His4ever, that’s how i see it, and you are free to disagree.
Along with the Old-Earth & Evolutionist Christians here, I agree that Scientific discovery & theory can explain how we came to be here, while the Bible explains why.
I’ll add tho that I see less harm in believing the Bible gives detailed explanation as to “How” than in relying on naturalistic
philosophy- esp Evolutionary philosophy- to explain “Why”. The two main thinkers to take the latter route- Marx & Nietzsche.
G.K. Chesterton, in The Everlasting Man, put it somewhat like this-
Unexplainable mysteries which to my mind require Deity to exist & act-
The emergence of orderly systems from chaotic energy;
The emergence of life from lifeless orderly systems;
The emergence of humanity from life;
The emergence of Jesus Christ from humanity.
So you agree that science is not faith based? By best theory that fits the facts, obviously the theory has not been falsified (unlike creationism or Marxism). Also, the best theory is one that is minimal in some sense.

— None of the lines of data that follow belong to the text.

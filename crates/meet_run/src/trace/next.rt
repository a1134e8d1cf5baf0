//! What the next line of a trace is.

ghost use Rattle.std.specs.Prelude.{◌≡◌, ◌+◌, ◌≤◌};
ghost use Rattle.std.specs.Vec.{vec_capacity};
ghost use Rattle.meet_run.specs.Texts.Reading.{UsesTurns};
ghost use Rattle.meet_run.specs.Scripts.Running.{IsNext, IfRead};
ghost use Rattle.meet_run.specs.Tracing.TraceGrammar.{head_of};
ghost use Rattle.meet_run.specs.Tracing.TraceSpelling.{FitsHead};
ghost use Rattle.meet_run.specs.Tracing.Traces.{record_at};

use crate::text::next::{Next, next_of};
use crate::text::reading::{LONGEST_LINE, read_line};
use crate::trace::grammar::{read_head, read_record};
use meet_tickets::{Deed, Kind, MOST_RECORDS, Record};
use std::io::Read;

/// Reads a trace's first line.
pub(crate) fn next_head<R: Read>(reader: &mut R, turns: &mut u64, line: &mut Vec<u8>) -> Next<Kind>
    requires { LONGEST_LINE ≤ vec_capacity line.old }
    ensures fits { IfRead result FitsHead }
    ensures next { IsNext head_of result (R.remaining reader.old) (R.remaining reader.new) turns.old turns.new }
    ensures uses { UsesTurns (R.remaining reader.old) (R.remaining reader.new) turns.old turns.new }
    ensures room { LONGEST_LINE ≤ vec_capacity line.new }
{
    let came = read_line(reader, turns, line);
    next_of(came, read_head(line.as_slice()))
}

/// The record of a line behind so many others: a trace's first line, and one for each record.
fn read_record_behind(read: u64, line: &[u8]) -> Option<Record<Deed>>
    ensures { result ≡ record_at (read + 1) line.now }
{
    if read > MOST_RECORDS {
        None
    } else {
        read_record(line)
    }
}

/// Reads the line of a record, behind so many lines.
pub(crate) fn next_record<R: Read>(
    reader: &mut R,
    turns: &mut u64,
    line: &mut Vec<u8>,
    read: u64,
) -> Next<Record<Deed>>
    requires { LONGEST_LINE ≤ vec_capacity line.old }
    ensures next { IsNext (record_at (read + 1)) result (R.remaining reader.old) (R.remaining reader.new) turns.old
        turns.new }
    ensures uses { UsesTurns (R.remaining reader.old) (R.remaining reader.new) turns.old turns.new }
    ensures room { LONGEST_LINE ≤ vec_capacity line.new }
{
    let came = read_line(reader, turns, line);
    next_of(came, read_record_behind(read, line.as_slice()))
}
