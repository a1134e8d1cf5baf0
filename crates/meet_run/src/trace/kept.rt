//! The records of a trace that is read, if they are needed after the check.

ghost use Rattle.std.specs.Prelude.{◌≡◌, ◌↔◌, [], ◌∷◌, ◌++◌, List, Bool, true, false, Err, IsTrue, OnOk, IfErr};
ghost use Rattle.meet_tickets.specs.declared.records.Deed.{Deed};
ghost use Rattle.meet_tickets.specs.declared.records.Record.{Record};
ghost use Rattle.meet_tickets.specs.declared.refusals.Refusal.TheVariants.{Memory};
ghost use Rattle.meet_history.specs.declared.checker.CheckFault.TheVariants.{Memory as NoMemory};
ghost use Rattle.meet_history.specs.Pushing.{TakesIn};
ghost use Rattle.meet_run.specs.Tracing.Keeping.{HasKept};

use meet_history::{CheckFault, Checker};
use meet_tickets::{Deed, Record, Refusal};
use std::alloc::{AllocError, Global};

/// The records that were read, if they are wanted.
#[derive(Drop)]
pub(crate) struct Kept {
    wanted: bool,
    records: Vec<Record<Deed>>,
}

impl Kept {
    /// Keeps all records.
    pub(crate) fn all(alloc: Global) -> Self
        ensures { HasKept true result [] }
    {
        Kept {
            wanted: true,
            records: Vec::new(alloc),
        }
    }

    /// Keeps none, and doesn't allocate.
    pub(crate) fn nothing(alloc: Global) -> Self
        ensures { HasKept false result [] }
    {
        Kept {
            wanted: false,
            records: Vec::new(alloc),
        }
    }

    /// Keeps a record, if they are wanted.
    fn keep(&mut self, entry: &Record<Deed>) -> Result<(), AllocError>
        ensures { OnOk result ((wanted : Bool) (past : List (Record Deed)) → HasKept wanted self.old past
            → HasKept wanted self.new (past ++ entry.now ∷ [])) }
    {
        if self.wanted {
            self.records.push(*entry)?;
        }
        Ok(())
    }

    /// The records that were kept.
    pub(crate) fn into_records(self) -> Vec<Record<Deed>>
        ensures { (past : List (Record Deed)) → HasKept true self past → result.items ≡ past }
    {
        let Kept { wanted: _, records } = self;
        records
    }
}

/// Whether a push found no memory.
fn is_memory(pushed: Result<(), CheckFault>) -> bool
    ensures { IsTrue result ↔ (pushed ≡ Err NoMemory) }
{
    match pushed {
        Err(CheckFault::Memory) => true,
        Err(CheckFault::Illegal { place: _, why: _ }) => false,
        Ok(()) => false,
    }
}

/// Takes in the next record that was read: keeps it, if it is wanted, and pushes it on the checker. Fails only if an
/// allocation fails.
pub(crate) fn take_in(
    kept: &mut Kept,
    checker: &mut Checker,
    entry: &Record<Deed>,
) -> Result<(), Refusal>
    ensures kept { OnOk result ((wanted : Bool) (past : List (Record Deed)) → HasKept wanted kept.old past
        → HasKept wanted kept.new (past ++ entry.now ∷ [])) }
    ensures seen { OnOk result (TakesIn checker.old entry.now checker.new) }
    ensures kind { checker.new.place.kind ≡ checker.old.place.kind }
    ensures memory { IfErr result (λ why. why ≡ Memory) }
{
    match kept.keep(entry) {
        Ok(()) => {}
        Err(_) => return Err(Refusal::Memory),
    }
    if is_memory(checker.push(*entry)) {
        return Err(Refusal::Memory);
    }
    Ok(())
}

I figured this was a bit subtle for someone using the hoary old scientists use as much faith argument.
Marxism has many of the symptoms of religion - a holy book, saints, and the great ability to define anything that happens as supporting your faith. So who said Marxism (or even economics) is a science?
I was refering to the posters not scientists. BB theory hasn’t yet achieved the conclusiveness that evolution has. In short though plausible it is by no means certain.
If you don’t have conclusive evidence, but promulgate “the best theory” as de rigueur as the OP and subsequent posting suggests, then a faith in the theory by posters is implicit.
I don’t and I didn’t. You assume in error. Therefore the remainder of your post is irrelevant.